米プロバスケットボールNBAレイカーズの八村塁(27)が負傷を抱えながらプレーを続けていることに、医療専門家が懸念を示した。

 八村は2月末に負傷し、左膝蓋腱炎と診断された。1か月近くの欠場後、22日のブルズ戦で復帰。その後はプレー時間を制限しながら起用されているが、26日のペイサーズ戦後には痛みが想定より強く出るなど患部の状態は芳しくない。

 そうした中、多くの一流アスリートのリハビリやトレーニングを担当してきたラジパル・ブラール博士が八村について米メディア「SBネーション」で見解を示した。

 まず、八村は患部の状態について「70~80%くらいだ。

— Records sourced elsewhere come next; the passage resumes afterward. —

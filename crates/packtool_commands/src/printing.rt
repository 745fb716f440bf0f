//! What is printed for each line of a text, by what is found in a store.

ghost use Rattle.std.specs.Prelude.{◌≡◌, ◌++◌, ◌∷◌, ℕ, Bool, List, IfOk, OnErr, OnOk, Option, Some, false, option_copied, true};
ghost use Rattle.std.specs.Io.KnownBytes.{Appends};
ghost use Rattle.std.specs.Option.{option_map_or};
ghost use Rattle.packtool_commands.specs.Stores.{answer_of, answers_by, found_text, limit_for, no_answer, no_answer_by, with_found};
ghost use Rattle.packtool_commands.specs.declared.printing.NoAnswer.{NoAnswer};
ghost use Rattle.streams.specs.Streams.{AppendsBeginning, Wrote, lines_of};

use crate::prefixes::{Line, PrefixLines};
use std::alloc::Allocator;
use streams::{Sink, WriteFailed, write_all};
use thiserror::Error as ThisError;

/// What [`find_each`](crate::find_each) and [`locate_each`](crate::locate_each) write for a prefix.
/// If no id begins with it, or several do and one is asked for, `All` and `One` write the line and
/// which of the two it is, and `Bare` and `BareOne` write nothing.
///
/// ```
/// let lines = PrefixLines::read(rt.alloc(), Kind::Sha1, b"4b8\n4b9\n")?;
/// let all = find_each(rt.alloc(), &mut store, &lines, Wanted::All, 65_536, &mut out)?;
/// ```
#[derive(Clone, Copy, PartialEq, Eq, Debug)]
pub enum Wanted {
    /// Each id that begins with it, after the line as it is and a space.
    All,
    /// The one id that begins with it.
    One,
    /// Each id that begins with it, without the line.
    Bare,
    /// The one id that begins with it, written as `One` writes it.
    BareOne,
}

/// How many ids of a prefix are looked up: all, or the first two, which show whether there are
/// several.
pub(crate) fn limit_for(wanted: Wanted) -> Option<usize>
    ensures { result ≡ limit_for wanted }
{
    match wanted {
        Wanted::All | Wanted::Bare => None,
        Wanted::One | Wanted::BareOne => Some(2),
    }
}

/// The reason why a line has no answer.
///
/// ```
/// let why = find_each(rt.alloc(), &mut store, &lines, Wanted::One, 65_536, &mut out)?;
/// if why == Some(NoAnswer::Ambiguous) {
///     println!(rt; "the first line that is no prefix of one id is one of several")?;
/// }
/// ```
#[derive(Clone, Copy, PartialEq, Eq, Debug, ThisError)]
pub enum NoAnswer {
    /// No id begins with the line.
    #[error("missing")]
    Missing,
    /// Several ids begin with the line, and one is asked for.
    #[error("ambiguous")]
    Ambiguous,
    /// The line is not a prefix.
    #[error("bad")]
    Bad,
}

/// How what is found for a prefix, a `T`, is printed.
pub(crate) trait AnswerForm<T> {
    /// What is printed for a line that is a prefix.
    ghost text: { Self → List ℕ → T → List ℕ };

    /// Why what was found is not an answer, or `None` if it is one.
    ghost no_answer: { Self → T → Option NoAnswer };

    /// Writes what is printed for a line, by what was found if it is a prefix.
    fn write<W: Sink>(&self, line: &[u8], found: Option<&T>, out: &mut W) -> Result<(), WriteFailed>
        requires { W.has_failed out.old ≡ false }
        ensures { Wrote W.taken W.has_failed out.old out.new result
            (answer_of (text self.now) (line.now, option_copied found.entry)) };

    /// Returns why a line has no answer, by what was found if it is a prefix, or `None` if it has
    /// one.
    fn no_answer(&self, found: Option<&T>) -> Option<NoAnswer>
        ensures { result ≡ option_map_or (no_answer self.now) (option_copied found.entry)
            (Some NoAnswer.Bad) };
}

/// Writes what is printed for each of some lines, by what was found for each prefix among them.
/// Returns why the first line that has no answer has none, or `None` if each has one.
pub(crate) fn write_answers<T, A: Allocator, F: AnswerForm<T>, W: Sink>(
    lines: &PrefixLines<'_, A>,
    found: &[T],
    form: &F,
    out: &mut W,
) -> Result<Option<NoAnswer>, WriteFailed>
    requires { W.has_failed out.old ≡ false }
    ensures written { OnOk result (Appends (W.taken out.old) (W.taken out.new) (answers_by
        (F.text form.now) lines.now.kind (lines_of lines.now.text.now) found.now)) }
    ensures why { IfOk result (λ why. why ≡ no_answer_by (F.no_answer form.now) lines.now.kind
        (lines_of lines.now.text.now) found.now) }
    ensures not_failed { OnOk result (W.has_failed out.new ≡ false) }
    ensures part { OnErr result (AppendsBeginning (W.taken out.old) (W.taken out.new) (answers_by
        (F.text form.now) lines.now.kind (lines_of lines.now.text.now) found.now)) }
    ensures failed { OnErr result (W.has_failed out.new ≡ true) }
{
    let mut why = None;
    let mut left = found;
    for line in &lines.lines {
        let (answer, after) = answer_to(line, left);
        form.write(line.text, answer, out)?;
        why = why.or(form.no_answer(answer));
        left = after;
    }
    Ok(why)
}

// What was found for a line, if it is a prefix, and for those after it.
fn answer_to<'f, T>(line: &Line<'_>, found: &'f [T]) -> (Option<&'f T>, &'f [T])
    ensures { (lines : List (List ℕ × Bool))
        → with_found ((line.now.text.now, line.now.is_prefix) ∷ lines) found.now
        ≡ (line.now.text.now, option_copied result.0) ∷ with_found lines result.1.now }
{
    if line.is_prefix && !found.is_empty() {
        (Some(&found[0]), &found[1..])
    } else {
        (None, found)
    }
}

/// What is before a result in its line: a line of the text and a space, or nothing.
#[derive(Drop)]
pub(crate) struct Front<'l> {
    /// The line, or nothing.
    pub(crate) line: &'l [u8],
    /// The space, or nothing.
    pub(crate) space: &'l [u8],
}

/// How one thing that is found, an `X`, is printed.
pub(crate) trait ItemForm<X> {
    /// What is printed for it, after the bytes of a front.
    ghost text: { Self → List ℕ → X → List ℕ };

    /// Writes it, after a front.
    fn write_after<W: Sink>(
        &self,
        front: &Front<'_>,
        item: &X,
        out: &mut W,
    ) -> Result<(), WriteFailed>
        requires { W.has_failed out.old ≡ false }
        ensures { Wrote W.taken W.has_failed out.old out.new result
            (text self.now (front.now.line.now ++ front.now.space.now) item.now) };
}

/// How a list of what is found is printed: all of it, or the only one.
#[derive(Drop)]
pub(crate) struct ListForm<F> {
    /// What is asked for.
    pub(crate) wanted: Wanted,
    /// How each is printed.
    pub(crate) item: F,
}

impl<X, A: Allocator, F: ItemForm<X>> AnswerForm<Vec<X, A>> for ListForm<F> {
    ghost text = { λ form line ids. found_text (F.text form.item) form.wanted line ids.items };

    ghost no_answer = { λ form found. no_answer form.wanted found.items };

    fn write<W: Sink>(
        &self,
        line: &[u8],
        found: Option<&Vec<X, A>>,
        out: &mut W,
    ) -> Result<(), WriteFailed> {
        let Some(found) = found else {
            return write_two(line, b" bad\n", out);
        };
        if found.is_empty() {
            if matches!(self.wanted, Wanted::Bare | Wanted::BareOne) {
                return Ok(());
            }
            return write_two(line, b" missing\n", out);
        }
        let front = match self.wanted {
            Wanted::All => Front { line, space: b" " },
            Wanted::One if found.len() > 1 => return write_two(line, b" ambiguous\n", out),
            Wanted::BareOne if found.len() > 1 => return Ok(()),
            _ => Front {
                line: b"",
                space: b"",
            },
        };
        for item in found {
            self.item.write_after(&front, item, out)?;
        }
        Ok(())
    }

    fn no_answer(&self, found: Option<&Vec<X, A>>) -> Option<NoAnswer> {
        let Some(found) = found else {
            return Some(NoAnswer::Bad);
        };
        if found.is_empty() {
            return Some(NoAnswer::Missing);
        }
        match self.wanted {
            Wanted::One | Wanted::BareOne if found.len() > 1 => Some(NoAnswer::Ambiguous),
            _ => None,
        }
    }
}

/// Writes two texts, one after the other.
pub(crate) fn write_two<W: Sink>(
    first: &[u8],
    second: &[u8],
    out: &mut W,
) -> Result<(), WriteFailed>
    requires { W.has_failed out.old ≡ false }
    ensures { Wrote W.taken W.has_failed out.old out.new result (first.now ++ second.now) }
{
    write_all(out, first)?;
    write_all(out, second)
}
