//! Assertions that are calls, and print their condition.

use gix_hash::ObjectId;
use gix_hash::io::Error;
use std::alloc::AllocError;
use std::cmp::Ordering;
use std::fmt::{Debug, Display};
use std::hash::{DefaultHasher, Hash, Hasher};
use std::io;
use std::process::Abort;
use std::str::FromStr;
pub use test_devices::expect;

/// The condition holds, for the row of a table, or for `()`.
pub fn expect<T: Debug>(rt: &impl Abort, holds: bool, condition: &str, row: &T) {
    assert!(rt; holds, "assertion failed for {row:?}: {condition}");
}

/// The text was made, and is this one.
pub fn expect_made(rt: &impl Abort, text: Result<String, AllocError>, want: &str) {
    let text = text.expect(rt, "no memory for a text");
    expect!(rt; text.as_str() == want, want);
}

/// The value's text.
pub fn expect_text<T: Display + Drop>(rt: &(impl Abort + AllocGlobal), value: T, want: &str) {
    let text: Result<_, _> = format!(in rt.alloc(); "{value}");
    expect_made(rt, text, want);
}

/// The value's text, whatever width, fill and precision are asked for.
pub fn expect_whole<T: Display + Drop>(rt: &(impl Abort + AllocGlobal), value: T, want: &str) {
    let wide: Result<_, _> = format!(in rt.alloc(); "{value:>70}");
    expect_made(rt, wide, want);
    let filled: Result<_, _> = format!(in rt.alloc(); "{value:*^70}");
    expect_made(rt, filled, want);
    let cut: Result<_, _> = format!(in rt.alloc(); "{value:.3}");
    expect_made(rt, cut, want);
}

/// The value's Debug text.
pub fn expect_debug<T: Debug + Drop>(rt: &(impl Abort + AllocGlobal), value: T, want: &str) {
    let text: Result<_, _> = format!(in rt.alloc(); "{value:?}");
    expect_made(rt, text, want);
}

/// The value's Debug text is not empty.
pub fn expect_shown<T: Debug>(rt: &(impl Abort + AllocGlobal), value: &T) {
    let shown = format!(in rt.alloc(); "{value:?}").expect(rt, "no memory for a text");
    expect!(rt; !shown.is_empty());
}

/// The error's text; its Debug text is not empty.
pub fn expect_error<E: std::error::Error + Drop>(
    rt: &(impl Abort + AllocGlobal),
    error: E,
    want: &str,
) {
    expect_shown(rt, &error);
    expect_text(rt, error, want);
}

/// The device's error has that kind.
pub fn expect_kind<T: Drop>(rt: &impl Abort, outcome: io::Result<T>, kind: io::ErrorKind) {
    expect!(rt; matches!(outcome, Err(error) if error.kind() == kind), kind);
}

/// Reading failed with a device's error of that kind.
pub fn expect_io(rt: &impl Abort, outcome: Result<ObjectId, Error>, kind: io::ErrorKind) {
    expect!(rt; matches!(outcome, Err(Error::Io(error)) if error.kind() == kind), kind);
}

/// The text of the value or of the error; no error has the text of a value.
pub fn expect_outcome<T: Display + Drop, E: Display + Drop>(
    rt: &(impl Abort + AllocGlobal),
    outcome: Result<T, E>,
    want: &str,
) {
    match outcome {
        Ok(value) => expect_text(rt, value, want),
        Err(error) => expect_text(rt, error, want),
    }
}

pub fn parsed<T: FromStr>(text: &str) -> Result<T, T::Err> {
    text.parse()
}

pub fn tried<S, T: TryFrom<S>>(source: S) -> Result<T, T::Error> {
    T::try_from(source)
}

pub fn converted<S: Into<T>, T>(source: S) -> T {
    source.into()
}

/// The first is below the second. By the laws of `Ord` no other comparing trait says otherwise.
pub fn expect_below<T: Ord>(rt: &impl Abort, lower: &T, upper: &T) {
    expect!(rt; lower.partial_cmp(upper) == Some(Ordering::Less));
}

/// They are the same. By the laws of `Ord` they are equal, and by those of `Hash` feed the same.
pub fn expect_same<T: Ord>(rt: &impl Abort, one: &T, other: &T) {
    expect!(rt; one.cmp(other) == Ordering::Equal);
}

/// The value feeds these bytes to a hash. Its clause says by which writes.
pub fn expect_fed<T: Hash>(rt: &impl Abort, value: &T, writes: &[&[u8]]) {
    let mut fed = DefaultHasher::new();
    value.hash(&mut fed);
    let mut want = DefaultHasher::new();
    for write in writes {
        want.write(write);
    }
    expect!(rt; fed.finish() == want.finish());
}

ひざはしばらくこの状態が続くと思う。すぐに100%に戻ることはない。元の状態まで戻るには長い休みが必要だが…。状態を維持、管理するしかない」と語る。これについてブラール博士は「腱を適切にリハビリするには、シーズン中は現実的ではない。より長い休息期間と計画的な(患部の)強化が必要なことも分かっている」と懸念する。

 それでも主力選手でシーズン残り試合も少ないことから、だましだまし出場を続けることが現実的な選択肢になると指摘。「膝蓋腱を物理的に制限しすぎない範囲に保ちながら、腱の反応について積極的に認識し、日々の管理が重要になる」と強調した。今後はプレーオフに進出すれば重要な試合が続く。悪化しないことを願うばかりだ。